## EXERCISE DIRECTIONS
Every line of the data needs to be returned exactly.

## Excerpts from a dataset
▼

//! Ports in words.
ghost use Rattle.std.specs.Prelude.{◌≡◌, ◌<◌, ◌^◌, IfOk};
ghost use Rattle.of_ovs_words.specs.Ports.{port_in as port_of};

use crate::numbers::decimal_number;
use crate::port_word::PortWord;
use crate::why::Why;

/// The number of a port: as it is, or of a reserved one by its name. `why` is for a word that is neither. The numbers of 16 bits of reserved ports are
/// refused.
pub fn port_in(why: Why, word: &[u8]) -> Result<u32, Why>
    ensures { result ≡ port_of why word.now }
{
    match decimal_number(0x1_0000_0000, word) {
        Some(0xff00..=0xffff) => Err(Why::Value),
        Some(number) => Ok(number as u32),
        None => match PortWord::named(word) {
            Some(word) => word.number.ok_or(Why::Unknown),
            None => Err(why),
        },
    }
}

▲

## OUTPUT
//! Ports in words.
ghost use Rattle.std.specs.Prelude.{◌≡◌, ◌<◌, ◌^◌, IfOk};
ghost use Rattle.of_ovs_words.specs.Ports.{port_in as port_of};

use crate::numbers::decimal_number;
use crate::port_word::PortWord;
use crate::why::Why;

/// The number of a port: as it is, or of a reserved one by its name. `why` is for a word that is neither. The numbers of 16 bits of reserved ports are
/// refused.
pub fn port_in(why: Why, word: &[u8]) -> Result<u32, Why>
    ensures { result ≡ port_of why word.now }
{
    match decimal_number(0x1_0000_0000, word) {
        Some(0xff00..=0xffff) => Err(Why::Value),
        Some(number) => Ok(number as u32),
        None => match PortWord::named(word) {
            Some(word) => word.number.ok_or(Why::Unknown),
            None => Err(why),
        },
    }
}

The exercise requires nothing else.